Q: What is “double-sickening” in the context of acute sinusitis?
A: “Double-sickening” refers to a situation where an initial viral sinusitis worsens due to a secondary bacterial infection.
Q: What is allergic rhinitis, and what are the common allergens involved?
A: Allergic rhinitis is an inflammatory disorder of the nose caused by sensitization to allergens such as house dust mites and pollens from grass, trees, and weeds.
Q: How is allergic rhinitis classified, and what are the types?
A: Allergic rhinitis can be classified as seasonal (e.g., hay fever due to pollen), perennial (symptoms year-round), or occupational (due to exposure to workplace allergens).
Q: What are the common clinical features of allergic rhinitis?
A: Features include sneezing, bilateral nasal obstruction, clear nasal discharge, post-nasal drip, and nasal pruritus.

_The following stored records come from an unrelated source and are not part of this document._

// Whether what a call gives and leaves is the list's answer. On acceptance the outputs begin with the list's next words, and the rest is as before; on refusal all
// that was lent is as before. No contract says what a file holds, so whether an answer is the list's is open.

ghost use Rattle.std.specs.Prelude.{◌≤◌};

use crate::solving::{Outputs, Values};
use lists::lent::{BEFORE, begins, count_at};
use lists::list::word;
use std::io::Read;

// Whether the whole numbers are the list's next.
fn values_right(file: &mut impl Read, v: Values) -> bool {
    let unknowns = word(file) == u64::from(v.unknowns);
    let rows = word(file) == u64::from(v.rows);
    let done = word(file) == u64::from(v.done);
    let run = word(file) == u64::from(v.run);
    let converged = word(file) == u64::from(v.converged);
    unknowns & rows & done & run & converged
}

// Whether the outputs begin with the list's next words, n of poses, n of frames and k of errors.
fn outputs_right(file: &mut impl Read, o: &Outputs, n: usize, k: usize) -> bool {
    let before = [BEFORE; 256];
    let p = begins(file, &o.poses, &before, n);
    let f = begins(file, &o.frames, &before, n);
    let e = begins(file, &o.errors, &before, k);
    p & f & e
}

// Whether the state's memory begins with the list's next n words; if the call refused, it and the whole numbers are also as before, w.
fn state_right(
    file: &mut impl Read,
    n: usize,
    before: &[f64; 256],
    w: Values,
    v: Values,
    state: &[f64; 256],
) -> bool {
    let right = begins(file, state, before, n);
    let kept = begins(file, state, before, 0)
        && v == Values {
            number: v.number,
            ..w
        };
    right && (v.number == 0 || kept)
}

// n doubles of the state are lent, and before and w are what it and the whole numbers were before the call.
pub fn answer_right(
    file: &mut impl Read,
    s: &[u8],
    n: usize,
    before: &[f64; 256],
    w: Values,
    v: Values,
    o: &Outputs,
) -> bool
    requires { n ≤ 256 }
{
    let words = word(file);
    let want = word(file);
    let m = count_at(s, 2, want == 0);
    let k = count_at(s, 4, want == 0);
    let whole = words == (6 + n + 24 * m + k) as u64;
    let number = u64::from(v.number) == want;
    let values = values_right(file, v);
    let held = state_right(file, n, before, w, v, &o.state);
    let outputs = outputs_right(file, o, 12 * m, k);
    whole & number & values & held & outputs
}
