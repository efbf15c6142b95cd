// Solving by rounds, as a call of the list asks for it. specs/Asked.antt has the definition of what is handed over.

ghost use Rattle.std.specs.Prelude.{◌≡◌, ◌%◌, ◌^◌};
ghost use Rattle.portion_list.specs.Asked as spec;

use crate::asked::{Call, Lengths, Step, at_most};
use sheet::going::{sheet_solve_begin, sheet_solve_on};

// The drag, the set and the portion as a call takes them.
#[derive(Clone, Copy)]
pub struct Arguments {
    pub drag: u16,
    pub tolerance: f64,
    pub rounds: u32,
    pub limit: u32,
    pub weight: f64,
    pub portion: u32,
}

// The number that a call gives, and what the whole numbers are that are handed over or lent to it.
#[derive(Clone, Copy, PartialEq)]
pub struct Values {
    pub number: u32,
    pub unknowns: u32,
    pub rows: u32,
    pub done: u32,
    pub run: u8,
    pub converged: u8,
}

// What they are before a call, and no number yet; the flag is 77.
pub fn values_before(unknowns: u64, rows: u64, done: u64, run: u64) -> Values
    ensures { result ≡ spec.values_before unknowns rows done run }
{
    Values {
        number: 0,
        unknowns: low(unknowns),
        rows: low(rows),
        done: low(done),
        run: (run % 0x100) as u8,
        converged: 77,
    }
}

// Of a call that fits nothing is cut off.
fn low(n: u64) -> u32
    ensures { result ≡ n % 2 ^ 32 }
{
    (n % 0x1_0000_0000) as u32
}

pub fn arguments_of(c: Call) -> Arguments
    ensures { result ≡ spec.arguments_of c }
{
    let q = c.chosen;
    Arguments {
        drag: (c.drag % 0x1_0000) as u16,
        tolerance: q.tolerance,
        rounds: low(q.rounds),
        limit: low(q.limit),
        weight: q.weight,
        portion: low(c.portion),
    }
}

// The memory for an answer.
#[derive(Clone, Copy)]
pub struct Outputs {
    pub state: [f64; 256],
    pub poses: [f64; 256],
    pub frames: [f64; 256],
    pub errors: [f64; 256],
}

// What of the scratch and of that memory is lent.
#[derive(Drop)]
struct Lent<'a> {
    scratch: &'a mut [f64],
    state: &'a mut [f64],
    poses: &'a mut [f64],
    frames: &'a mut [f64],
    errors: &'a mut [f64],
}

fn begun(s: &[u8], q: Arguments, v: Values, lent: Lent) -> Values {
    let Lent {
        scratch,
        state,
        poses,
        frames,
        errors,
    } = lent;
    let mut w = v;
    let number = sheet_solve_begin(
        s,
        q.drag,
        q.tolerance,
        q.rounds,
        q.limit,
        q.weight,
        q.portion,
        &mut w.unknowns,
        &mut w.rows,
        &mut w.done,
        &mut w.run,
        state,
        scratch,
        poses,
        frames,
        errors,
        &mut w.converged,
    );
    Values { number, ..w }
}

fn gone_on(s: &[u8], q: Arguments, v: Values, lent: Lent) -> Values {
    let Lent {
        scratch,
        state,
        poses,
        frames,
        errors,
    } = lent;
    let mut w = v;
    let number = sheet_solve_on(
        s,
        q.drag,
        q.tolerance,
        q.rounds,
        q.limit,
        q.weight,
        q.portion,
        v.unknowns,
        v.rows,
        &mut w.done,
        &mut w.run,
        state,
        scratch,
        poses,
        frames,
        errors,
        &mut w.converged,
    );
    Values { number, ..w }
}

// What the call that the list asks for gives. As many doubles of the scratch and of the memory for its answer are lent as the call says.
pub fn solved(
    s: &[u8],
    step: Step,
    q: Arguments,
    v: Values,
    l: Lengths,
    scratch: &mut [f64],
    state: &mut [f64],
    poses: &mut [f64],
    frames: &mut [f64],
    errors: &mut [f64],
) -> Values {
    let scratch_len = at_most(l.scratch, scratch.len());
    let state_len = at_most(l.state, state.len());
    let poses_len = at_most(l.poses, poses.len());
    let frames_len = at_most(l.frames, frames.len());
    let errors_len = at_most(l.errors, errors.len());
    let lent = Lent {
        scratch: &mut scratch[..scratch_len],
        state: &mut state[..state_len],
        poses: &mut poses[..poses_len],
        frames: &mut frames[..frames_len],
        errors: &mut errors[..errors_len],
    };
    match step {
        Step::Begin => begun(s, q, v, lent),
        Step::On => gone_on(s, q, v, lent),
    }
}
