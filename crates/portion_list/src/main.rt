// Replays answers to the two calls that solve a sheet by rounds, refusals included, and prints how many answers the list holds and how many of them differ here. They are
// those of a second program of ours, which makes its rounds by the Rust's own. All bits are compared; all NaNs are the same. data/ has the list, whose format
// oracle/FORMATS.md gives.

#![tactic(auto)]

mod answer;
mod asked;
mod solving;

use answer::answer_right;
use asked::{Call, Running, Step, at_most, fits, next_call, next_running};
use lists::answers::Tally;
use lists::lent::BEFORE;
use lists::list;
use lists::list::{replay, word};
use solving::{Outputs, arguments_of, solved, values_before};
use std::io;
use std::io::Read;

// Whether a call that fits gives the list's answer, from a running state, which is then the one that it left.
fn answered(
    file: &mut impl Read,
    s: &[u8],
    scratch: &mut [f64; 4096],
    step: Step,
    c: Call,
    running: &mut Running,
) -> bool {
    let before = *running;
    let w = values_before(c.unknowns, c.rows, before.done, before.run);
    let mut o = Outputs {
        state: before.doubles,
        poses: [BEFORE; 256],
        frames: [BEFORE; 256],
        errors: [BEFORE; 256],
    };
    let v = solved(
        s,
        step,
        arguments_of(c),
        w,
        c.lengths,
        scratch,
        &mut o.state,
        &mut o.poses,
        &mut o.frames,
        &mut o.errors,
    );
    *running = Running {
        done: u64::from(v.done),
        run: u64::from(v.run),
        doubles: o.state,
        ..before
    };
    let n = at_most(c.lengths.state, 256);
    answer_right(file, s, n, &before.doubles, w, v, &o)
}

// A call of a schedule, from the running state that the call before left.
fn call(file: &mut impl Read, s: &[u8], scratch: &mut [f64; 4096], running: &mut Running) -> bool {
    let c = next_call(file);
    let before = next_running(file, c.given, *running);
    *running = before;
    match c.step {
        Some(step) if fits(c, before.given, before.done, before.run) => {
            answered(file, s, scratch, step, c, running)
        }
        _ => false,
    }
}

// The calls of a schedule.
fn schedule(file: &mut impl Read, s: &[u8], scratch: &mut [f64; 4096]) -> Tally {
    let mut running = Running {
        done: 0,
        run: 0,
        given: 0,
        doubles: [BEFORE; 256],
    };
    list::tallied(file, |file| call(file, s, scratch, &mut running))
}

// A sheet and its schedules.
fn schedules(file: &mut impl Read, scratch: &mut [f64; 4096]) -> Tally {
    let mut s = [0u8; 2000];
    let bytes = word(file);
    if bytes > 2000 {
        return Tally {
            answers: 0,
            wrong: 1,
        };
    }
    let n = bytes as usize;
    list::bytes(file, &mut s, n);
    list::tallied(file, |file| schedule(file, &s[..n], scratch))
}

// One scratch serves all calls and is never cleared.
fn main(rt: HostRuntime) -> io::Result<()> {
    let mut scratch = [0.0 / 0.0; 4096];
    replay(
        &rt,
        "sheets_portions.bin",
        |file| schedules(file, &mut scratch),
    )
}
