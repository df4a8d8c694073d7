// What the lines of a plan say but for its steps.
ghost use Rattle.std.specs.Prelude.{◌≡◌, map, IfOk};
ghost use Rattle.std.specs.Option.{option_map};
ghost use Rattle.mark_lines.specs.Words.{words_of};
ghost use Rattle.plan_text.specs.Reading.{bytes_of, control_of, source_of, told_by, told_of};

use crate::words::{lsn_in, sum_in};
use cluster_tree::OutOfMemory;
use mark_lines::{bytes_in, words_of};
use rewind_survey::{Divergence, Told};
use std::alloc::Global;
use wal_base::decimal_u32;

/// The CRC in the first line.
pub(crate) fn source_of(alloc: Global, line: &[u8]) -> Result<Option<u32>, OutOfMemory>
    ensures { IfOk result (λ sum. sum ≡ source_of (words_of line.now)) }
{
    match words_of(alloc, line)?.as_slice() {
        [verb, sum] if *verb == b"source".as_slice() => Ok(sum_in(sum)),
        _ => Ok(None),
    }
}

/// From where is rewound, by the words behind the first of the second line.
fn told_by(alloc: Global, words: (&[u8], &[u8], &[u8], &[u8])) -> Result<Option<Told>, OutOfMemory>
    ensures { IfOk result (λ told. told
        ≡ told_by words.entry.0.now words.entry.1.now words.entry.2.now words.entry.3.now) }
{
    let (tli, at, checkpoint, theirs) = words;
    let Some(tli) = decimal_u32(tli) else {
        return Ok(None);
    };
    let Some(at) = lsn_in(alloc, at)? else {
        return Ok(None);
    };
    let Some(checkpoint) = lsn_in(alloc, checkpoint)? else {
        return Ok(None);
    };
    let Some(theirs) = decimal_u32(theirs) else {
        return Ok(None);
    };
    Ok(Some(Told {
        fork: Divergence { tli, at },
        checkpoint,
        tli: theirs,
    }))
}

/// From where is rewound, as the second line says.
pub(crate) fn told_of(alloc: Global, line: &[u8]) -> Result<Option<Told>, OutOfMemory>
    ensures { IfOk result (λ told. told ≡ told_of (words_of line.now)) }
{
    match words_of(alloc, line)?.as_slice() {
        [verb, tli, at, checkpoint, theirs] if *verb == b"told".as_slice() => {
            told_by(alloc, (tli, at, checkpoint, theirs))
        }
        _ => Ok(None),
    }
}

/// The bytes behind a word.
pub(crate) fn bytes_of(
    alloc: Global,
    name: &[u8],
    line: &[u8],
) -> Result<Option<Vec<u8>>, OutOfMemory>
    ensures { IfOk result (λ bytes. option_map (λ vec. vec.items) bytes
        ≡ bytes_of name.now (words_of line.now)) }
{
    match words_of(alloc, line)?.as_slice() {
        [verb, digits] if *verb == name => bytes_in(alloc, digits),
        _ => Ok(None),
    }
}

/// The bytes of a control file.
pub(crate) fn control_of(alloc: Global, line: &[u8]) -> Result<Option<Vec<u8>>, OutOfMemory>
    ensures { IfOk result (λ bytes. option_map (λ vec. vec.items) bytes
        ≡ control_of (words_of line.now)) }
{
    match bytes_of(alloc, b"control", line)? {
        Some(bytes) if bytes.len() == 8192 => Ok(Some(bytes)),
        _ => Ok(None),
    }
}
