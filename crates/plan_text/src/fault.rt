// Why a stored plan could not be read.
use cluster_tree::OutOfMemory;
use thiserror::Error;

/// Why the plan in a mark could not be read.
#[derive(Clone, Copy, Debug, Error)]
pub enum StoredFault {
    /// The number, from 1, of the first line that isn't of its form or at its place, or of the line
    /// behind the last where the plan doesn't end.
    #[error("line {0} of the plan is at fault")]
    BadPlan(u64),
    /// Memory is wanting.
    #[error("out of memory")]
    OutOfMemory,
}

impl From<OutOfMemory> for StoredFault {
    ghost use Rattle.std.specs.Prelude.{◌≡◌};
    ghost use Rattle.plan_text.specs.declared.fault.StoredFault.TheVariants as fault;

    ghost from_gives = { λ _ e. e ≡ fault.OutOfMemory };

    fn from(_: OutOfMemory) -> StoredFault {
        StoredFault::OutOfMemory
    }
}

Q: How is allergic rhinitis managed in mild-to-moderate intermittent or mild persistent cases?
A: Management includes allergen avoidance and the use of oral or intranasal antihistamines.
Q: What treatment is recommended for moderate-to-severe persistent allergic rhinitis or when initial treatment is ineffective?
A: Intranasal corticosteroids are recommended, and occasionally a short course of oral corticosteroids may be needed for significant life events.
Q: What is the role of nasal decongestants in the management of allergic rhinitis?
A: Short courses of topical nasal decongestants (e.g., oxymetazoline) may be used, but prolonged use should be avoided due to the risk of tachyphylaxis and rebound hypertrophy (rhinitis medicamentosa).
Q: What is an audiogram, and when is it typically used?
A: An audiogram is a test used to assess hearing difficulties, and it is usually the first-line investigation when a patient complains of hearing issues.